Like many fields of expertise, programming language implementation often relies on conventional wisdom. But occasionally, when you trace that assumed knowledge back to its source, it is not actually based on scientific evidence. Such is the case with the implementation of continuations, a mechanism that is fundamental to implementing language features such as concurrency and parallelism, and which can be used to get the most mileage out of the multicore processors now standard on most modern computers.
In “From Folklore to Fact: Comparing Implementations of Stacks and Continuations” UChicago CS PhD student Kavon Farvardin and Professor John Reppy sought to bust the myths and empirically judge six different implementation approaches on the same system. The results provide trustworthy guidance for building future programming language implementations, and their hard work was rewarded with a Distinguished Paper award at the 2020 SIGPLAN Conference on Programming Language Design and Implementation (PLDI). The conference will be held virtually in mid-June.

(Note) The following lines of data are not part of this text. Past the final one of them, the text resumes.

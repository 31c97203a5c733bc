// The line that a program prints for an answer, and the last line of a report.
#![tactic(auto)]

ghost use Rattle.std.specs.Prelude.{◌≡◌, ◌++◌, ◌≤◌, length};
ghost use Rattle.base.specs.Buffers.{over};
ghost use Rattle.base.specs.Lists.{flat};
ghost use Rattle.report.specs.Line.{decimal, spaced, line, line_of, put_over, put_count};
ghost use Rattle.report.specs.Total.{spaced_less};
ghost use Rattle.report.specs.Batch.{total_of};

use base::Answer;
use report::Sums;

// The last refusal that is printed with its place.
const LAST_PLACED: u8 = 11;

// Copies a text that finds room to the buffer's start. Answers how many bytes it has.
fn copy(text: &[u8], out: &mut [u8]) -> usize
    requires { length text.now ≤ length out.old }
    ensures counted { result ≡ length text.now }
    ensures written { out.new ≡ over text.now out.old }
{
    let n = text.len();
    out[0..n].copy_from_slice(text);
    n
}

// The digits of n, the highest first: those of n / 10 and then the last. At most 20 calls deep. By hand, since std's formatting promises its text only where
// it answers Ok, and a crate that writes digits would be one more to trust.
fn put_decimal(n: usize, out: &mut [u8]) -> usize
    requires { length (decimal n) ≤ length out.old }
    ensures counted { result ≡ length (decimal n) }
    ensures written { out.new ≡ over (decimal n) out.old }
{
    if n < 10 {
        out[0] = 48 + (n as u8);
        return 1;
    }
    let at = put_decimal(n / 10, out);
    out[at] = 48 + ((n % 10) as u8);
    at + 1
}

fn put_spaced(n: usize, out: &mut [u8]) -> usize
    requires { length (spaced n) ≤ length out.old }
    ensures counted { result ≡ length (spaced n) }
    ensures written { out.new ≡ over (spaced n) out.old }
{
    out[0] = b' ';
    put_decimal(n, &mut out[1..]) + 1
}

// Each number in the rest behind those written.
fn put_numbers(numbers: &[usize], out: &mut [u8]) -> usize
    requires { length (flat spaced numbers.now) ≤ length out.old }
    ensures counted { result ≡ length (flat spaced numbers.now) }
    ensures written { out.new ≡ over (flat spaced numbers.now) out.old }
{
    let mut at = 0;
    for n in numbers {
        at += put_spaced(*n, &mut out[at..]);
    }
    at
}

// A word and the numbers behind it, without the line feed.
fn put_front(word: &[u8], numbers: &[usize], out: &mut [u8]) -> usize
    requires { length (word.now ++ flat spaced numbers.now) ≤ length out.old }
    ensures counted { result ≡ length (word.now ++ flat spaced numbers.now) }
    ensures written { out.new ≡ over (word.now ++ flat spaced numbers.now) out.old }
{
    let n = copy(word, out);
    n + put_numbers(numbers, &mut out[n..])
}

fn put_words(word: &[u8], numbers: &[usize], out: &mut [u8]) -> usize
    requires { length (line word.now numbers.now) ≤ length out.old }
    ensures counted { result ≡ length (line word.now numbers.now) }
    ensures written { out.new ≡ over (line word.now numbers.now) out.old }
{
    let n = put_front(word, numbers, out);
    out[n] = b'\n';
    n + 1
}

fn put_answer(answer: Answer, out: &mut [u8]) -> usize
    requires { length (line_of answer) ≤ length out.old }
    ensures counted { result ≡ length (line_of answer) }
    ensures written { out.new ≡ over (line_of answer) out.old }
{
    // An answer is C's struct: its number says whether it counts.
    if answer.number == 0 {
        let counts = [answer.gates, answer.wires, answer.before, answer.after];
        return put_words(b"accepted", &counts, out);
    }
    let number = usize::from(answer.number);
    if answer.number <= LAST_PLACED {
        return put_words(b"refused", &[number, answer.place], out);
    }
    put_words(b"refused", &[number], out)
}

// Before less after, with its sign where it is negative.
fn put_less(before: usize, after: usize, out: &mut [u8]) -> usize
    requires { length (spaced_less before after) ≤ length out.old }
    ensures counted { result ≡ length (spaced_less before after) }
    ensures written { out.new ≡ over (spaced_less before after) out.old }
{
    if after <= before {
        return put_spaced(before - after, out);
    }
    out[0] = b' ';
    out[1] = b'-';
    put_decimal(after - before, &mut out[2..]) + 2
}

fn put_total(sums: Sums, out: &mut [u8]) -> usize
    requires { length (total_of sums) ≤ length out.old }
    ensures counted { result ≡ length (total_of sums) }
    ensures written { out.new ≡ over (total_of sums) out.old }
{
    let counts = [sums.accepted, sums.refused, sums.before, sums.after];
    let n = put_front(b"total", &counts, out);
    let k = put_less(sums.before, sums.after, &mut out[n..]);
    out[n + k] = b'\n';
    n + k + 1
}

// All of the text or nothing: a buffer that is shorter than it is not touched. The 0 then is what `put_count` says, in the clauses of the three below.
// A line is not made by `write!`: what std promises of a text speaks of Ok alone, or lets it be cut, so the bytes have no clause to be proved by.
fn put_whole(text: &[u8], out: &mut [u8]) -> usize
    ensures counted { result ≡ put_count text.now out.old }
    ensures written { out.new ≡ put_over text.now out.old }
{
    if out.len() < text.len() {
        return 0;
    }
    copy(text, out)
}

// Writes n in decimal digits; no number has more than 20. Answers how many bytes it wrote.
pub fn write_decimal(n: usize, out: &mut [u8]) -> usize
    ensures counted { result ≡ put_count (decimal n) out.old }
    ensures written { out.new ≡ put_over (decimal n) out.old }
{
    let mut text = [0u8; 20];
    let k = put_decimal(n, &mut text);
    put_whole(&text[0..k], out)
}

// Writes the line of an answer. Answers how many bytes it wrote.
pub fn write_line(answer: Answer, out: &mut [u8]) -> usize
    ensures counted { result ≡ put_count (line_of answer) out.old }
    ensures written { out.new ≡ put_over (line_of answer) out.old }
{
    let mut text = [0u8; report::MOST_LINE];
    let n = put_answer(answer, &mut text);
    put_whole(&text[0..n], out)
}

// Writes the last line of a report. Answers how many bytes it wrote.
pub fn write_total(sums: Sums, out: &mut [u8]) -> usize
    ensures counted { result ≡ put_count (total_of sums) out.old }
    ensures written { out.new ≡ put_over (total_of sums) out.old }
{
    let mut text = [0u8; report::MOST_TOTAL];
    let n = put_total(sums, &mut text);
    put_whole(&text[0..n], out)
}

“The goal of this paper is not only to provide an empirical apples-to-apples, or well-normalized comparison of these different strategies for performance, but also to dive into the deep details of all the trade-offs in choosing one of these strategies or developing your own custom strategy.” Farvardin said. “Our goal wasn't really to say whether one is the best or not; we really intended for this paper to present all the information so that people can make an informed decision.”
The research utilized the Manticore system, developed by Reppy’s group at UChicago in collaboration with Matthew Fluet’s group at the Rochester Institute of Technology. The Manticore system implements an experimental parallel functional programming language, which provided Farvardin and Reppy with a level playing field on which to pit different approaches against each other. A competition of this caliber had never been conducted before, Farvardin said, for one simple reason: it’s difficult.

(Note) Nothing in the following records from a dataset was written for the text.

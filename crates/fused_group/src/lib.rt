// Document 01, "The fused circuit file": the records of a joined group, written at the start of a lent buffer: a guard for each member, a pick for each argument place,
// the operation. Document 02, C-18: no pick where the members' wires are equal, no guards where no pick remains.
#![tactic(auto)]

ghost use Rattle.std.specs.Prelude.{◌≡◌, cond, ◌∷◌, [], map, ◌+◌, ◌*◌, ◌<◌, ◌≤◌, length, get_or};
ghost use Rattle.base.specs.Buffers.{over};
ghost use Rattle.base.specs.SettingLists.{conditions_in, Lists};
ghost use Rattle.file.specs.Limits.{most_wires};
ghost use Rattle.file.specs.Records.{pair_wires};
ghost use Rattle.file.specs.CircuitFile.{wires_bytes};
ghost use Rattle.fused.specs.Emission.{one_wire};
ghost use Rattle.fused_gate.specs.Emitted.{wire_by, Written};
ghost use Rattle.fused_group.specs.Decisions.{has_pick, count_in};
ghost use Rattle.fused_group.specs.Joined.{argument_at};
ghost use Rattle.fused_group.specs.Joints.{members, values_for, pairs_for, guard_for, guards_for, pick_for, kept_for, place_for, picks_for, read_for, operation_for};
ghost use Rattle.fused_group.specs.Joints.{fused_for, records_for, LiesIn, GuardedIn, PairedIn, JoinableIn, PairedFrom, FusingFrom, JoinWritableIn, DecidedIn};
ghost use Rattle.base.specs.SetsHeld.{set_of};

use base::{ConditionList, Set};
use circuit::{Circuit, GateId};
use file::WireId;
use fused_gate::Wiring;

// The codes of the records that stand for no gate.
const PICK: u8 = 0x31;

const GUARD: u8 = 0x32;

// Which of the two argument places of a joined group have a pick: those at which its members' wires differ.
#[derive(Clone, Copy)]
pub struct Picks {
    pub first: bool,
    pub second: bool,
}

impl Picks {
    // Whether there is a pick, and so guards.
    pub fn any(self) -> bool
        ensures { result ≡ has_pick self }
    {
        self.first || self.second
    }
}

// A pair of a pick: the wire of the guard and the wire of the value.
fn put_pair(out: &mut [u8], guarding: WireId, value: WireId)
    requires { 4 ≤ length out.old }
    ensures { out.new ≡ over (wires_bytes (guarding.0 ∷ value.0 ∷ [])) out.old }
{
    base_words::put16(out, guarding.0);
    base_words::put16(&mut out[2..], value.0);
}

// A joined group: the plan and the place in it at which the group lies, the circuit whose gates it joins, and the wires that stand for gates. What is asked
// of it has names (LiesIn, GuardedIn, PairedIn ..) and is no field: each method asks another part, and some ask it of an argument place.
#[derive(Clone, Copy)]
pub struct Joint<'a> {
    pub plan: &'a [u8],
    pub at: usize,
    pub circuit: &'a Circuit,
    pub wiring: Wiring<'a>,
}

impl Joint<'_> {
    // How many members it has.
    pub fn size(self) -> u8
        requires { self.at < length self.plan.now }
        ensures { result ≡ get_or self.entry.plan.now self.entry.at 0 }
    {
        self.plan[self.at]
    }

    // Member i.
    pub fn member(self, i: usize) -> GateId
        requires { LiesIn self × (i < get_or self.plan.now self.at 0) }
        ensures { result.0 ≡ get_or (members self.entry) i 0 }
    {
        plan_member::member(self.plan, self.at, i)
    }

    // Argument k of member i, a gate.
    fn argument(self, i: usize, k: usize) -> GateId
        requires { PairedIn self k × (i < get_or self.plan.now self.at 0) }
        ensures { result.0 ≡ argument_at self.entry.circuit.now.quads (get_or (members self.entry) i 0) k }
    {
        let g = self.member(i).index();
        circuit_quads::argument(&self.circuit.quads, 4 * g + 1 + k)
    }

    // The wire that stands for it.
    fn wire(self, i: usize, k: usize) -> WireId
        requires { PairedIn self k × (i < get_or self.plan.now self.at 0) }
        ensures { result.0 ≡ get_or (values_for self.entry k) i 0 }
    {
        self.wiring.of(self.argument(i, k))
    }

    // The wires of the conditions of a list.
    fn put_rested(self, out: &mut [u8], list: ConditionList)
        requires { ((2 * length (conditions_in list) ≤ length out.old) × GuardedIn self) × Lists list }
        ensures { out.new ≡ over (wires_bytes (map (λ t. wire_by self.entry.wiring (get_or self.entry.circuit.now.conditions t 0)) (conditions_in list))) out.old }
    {
        for i in 0..list.count as usize {
            let t = list.at[i] as usize;
            let w = self.wiring.of(GateId(self.circuit.conditions[t]));
            base_words::put16(&mut out[2 * i..], w.0);
        }
    }

    // The guard of a member with the precondition s; gives its bytes.
    fn put_guard(self, out: &mut [u8], s: Set) -> usize
        requires { (length (guard_for self (set_of s)) ≤ length out.old) × GuardedIn self }
        ensures { Written (guard_for self.entry (set_of s)) result out.old out.new }
    {
        let r = base_settings::rested(s);
        let d = r.count;
        fused_gate::put_short(out, GUARD, d);
        self.put_rested(&mut out[2..], r);
        let n = 2 + 2 * (d as usize);
        base_settings::put_bytes(&mut out[n..], base_settings::table(s, r));
        n + file::WRITTEN_TABLE
    }

    // The guards of a group, members rising; gives their bytes.
    fn put_guards(self, out: &mut [u8]) -> usize
        requires { (length (guards_for self) ≤ length out.old) × (LiesIn self × GuardedIn self) }
        ensures { Written (guards_for self.entry) result out.old out.new }
    {
        let mut n: usize = 0;
        for i in 0..self.size() as usize {
            let m = self.member(i);
            let s = base_settings::load(&self.circuit.needs, m.index());
            let k = self.put_guard(&mut out[n..], s);
            n = n + k;
        }
        n
    }

    // The pairs for argument place k, members rising: the guards are the wires from `first` on.
    fn put_pairs(self, out: &mut [u8], first: WireId, k: usize)
        requires { (4 * get_or self.plan.now self.at 0 ≤ length out.old) × PairedFrom self first.0 k }
        ensures { out.new ≡ over (wires_bytes (pair_wires (pairs_for self.entry first.0 k))) out.old }
    {
        for i in 0..self.size() as usize {
            let w = self.wire(i, k);
            put_pair(&mut out[4 * i..], WireId(first.0 + (i as u16)), w);
        }
    }

    // The pick for argument place k; gives its bytes.
    fn put_pick(self, out: &mut [u8], first: WireId, k: usize) -> usize
        requires { (2 + 4 * get_or self.plan.now self.at 0 ≤ length out.old) × PairedFrom self first.0 k }
        ensures counted { result ≡ 2 + 4 * get_or self.entry.plan.now self.entry.at 0 }
        ensures written { out.new ≡ over (pick_for self.entry first.0 k) out.old }
    {
        let size = self.size();
        fused_gate::put_short(out, PICK, size);
        self.put_pairs(&mut out[2..], first, k);
        2 + 4 * (size as usize)
    }

    // Whether all members have the same wire at argument place k: each is compared with the first.
    fn one_wire(self, k: usize) -> bool
        requires { PairedIn self k × (0 < get_or self.plan.now self.at 0) }
        ensures { result ≡ one_wire (values_for self.entry k) }
    {
        let common = self.wire(0, k);
        for i in 1..self.size() as usize {
            if self.wire(i, k) != common {
                return false;
            }
        }
        true
    }

    // The one decision which picks a joined group has: measuring and writing both go by it.
    pub fn picks(self) -> Picks
        requires { JoinableIn self }
        ensures { DecidedIn self.entry result }
    {
        let first = self.one_wire(0);
        let second = self.one_wire(1);
        Picks {
            first: !first,
            second: !second,
        }
    }

    // How many records it has: the operation, its picks, and a guard for each member where it has a pick.
    pub fn records(self, picks: Picks) -> u16
        requires { self.at < length self.plan.now }
        ensures { result ≡ count_in (get_or self.entry.plan.now self.entry.at 0) picks }
    {
        if picks.any() {
            u16::from(self.size()) + u16::from(picks.first) + u16::from(picks.second) + 1
        } else {
            1
        }
    }

    // The guards, or nothing where there is no pick to read them; gives their bytes.
    fn put_kept(self, out: &mut [u8], picks: Picks) -> usize
        requires { (length (kept_for self picks) ≤ length out.old) × (LiesIn self × GuardedIn self) }
        ensures { Written (kept_for self.entry picks) result out.old out.new }
    {
        if picks.any() { self.put_guards(out) } else { 0 }
    }

    // The pick for argument place k, or nothing where it has none; gives its bytes.
    fn put_place(self, out: &mut [u8], first: WireId, k: usize, picked: bool) -> usize
        requires { (length (place_for self first.0 k picked) ≤ length out.old) × PairedFrom self first.0 k }
        ensures { Written (place_for self.entry first.0 k picked) result out.old out.new }
    {
        if picked {
            self.put_pick(out, first, k)
        } else {
            0
        }
    }

    // The picks, the first argument place and then the second; gives their bytes.
    fn put_picks(self, out: &mut [u8], first: WireId, picks: Picks) -> usize
        requires { (length (picks_for self first.0 picks) ≤ length out.old) × FusingFrom self first.0 }
        ensures { Written (picks_for self.entry first.0 picks) result out.old out.new }
    {
        let n = self.put_place(out, first, 0, picks.first);
        n + self.put_place(&mut out[n..], first, 1, picks.second)
    }

    // What the operation reads at argument place k: its pick, which is wire `next`, or the wire that all members have.
    fn argument_wire(self, k: usize, picked: bool, next: WireId) -> WireId
        requires { PairedIn self k × (0 < get_or self.plan.now self.at 0) }
        ensures { result.0 ≡ read_for self.entry k picked next.0 }
    {
        if picked { next } else { self.wire(0, k) }
    }

    // The operation, whose wire stands for every member; the picks follow the guards. Gives its bytes.
    fn put_operation(self, out: &mut [u8], first: WireId, picks: Picks) -> usize
        requires { (length (operation_for self first.0 picks) ≤ length out.old) × FusingFrom self first.0 }
        ensures { Written (operation_for self.entry first.0 picks) result out.old out.new }
    {
        let i = self.member(0).index();
        let next = first.0 + u16::from(self.size());
        let a = self.argument_wire(0, picks.first, WireId(next));
        let after = next + u16::from(picks.first);
        let b = self.argument_wire(1, picks.second, WireId(after));
        fused_gate::put_binary(out, self.circuit.quads[4 * i] as u8, a, b);
        5
    }

    // The picks and the operation that reads them; gives their bytes.
    fn put_fused(self, out: &mut [u8], first: WireId, picks: Picks) -> usize
        requires { (length (fused_for self first.0 picks) ≤ length out.old) × FusingFrom self first.0 }
        ensures { Written (fused_for self.entry first.0 picks) result out.old out.new }
    {
        let n = self.put_picks(out, first, picks);
        n + self.put_operation(&mut out[n..], first, picks)
    }

    // Its records, the first of them being wire `first`: its guards, its picks, which `picks` says, the operation. Gives their bytes.
    pub fn put(self, out: &mut [u8], first: WireId, picks: Picks) -> usize
        requires { (length (records_for self first.0) ≤ length out.old) × (JoinWritableIn self × (first.0 ≤ most_wires) × DecidedIn self picks) }
        ensures { Written (records_for self.entry first.0) result out.old out.new }
    {
        let n = self.put_kept(out, picks);
        n + self.put_fused(&mut out[n..], first, picks)
    }
}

“Nobody really truly understood what the differences were, because nobody in their right mind would ever want to implement so many different types of call stacks in one compiler’s runtime system,” Farvardin said. “It's a huge pain…it's hard enough to get one full-featured call stack implementation.”
But once set up, the authors could compare performance using several dozen different benchmark programs that test aspects such as recursion, looping, concurrency, and other language mechanisms. While small, these benchmarks are good “torture tests,” Farvardin said, for the seemingly routine tasks that can create bottlenecks in larger programs.
Over the range of benchmarks tested, there was no definitive winner. Some approaches (closure-based stacks) offer easier implementation at the cost of sequential performance, others (resizing, segmented, and their own hybrid scheme) offered solid performance across different benchmark types with similar implementation overhead. Only one strategy (linked-frame stacks) was discouraged by the authors, who concluded that the hybrid approach is what they would themselves choose if they were rebuilding Manticore from scratch.
“There's no silver bullet, and we didn't really expect there to be any one strategy that's the winner,” Farvardin said. “It's really up to your language and your priorities. We aimed to be the latest and greatest knowledge on the trade-offs in this space, both empirically and in terms of implementation details.”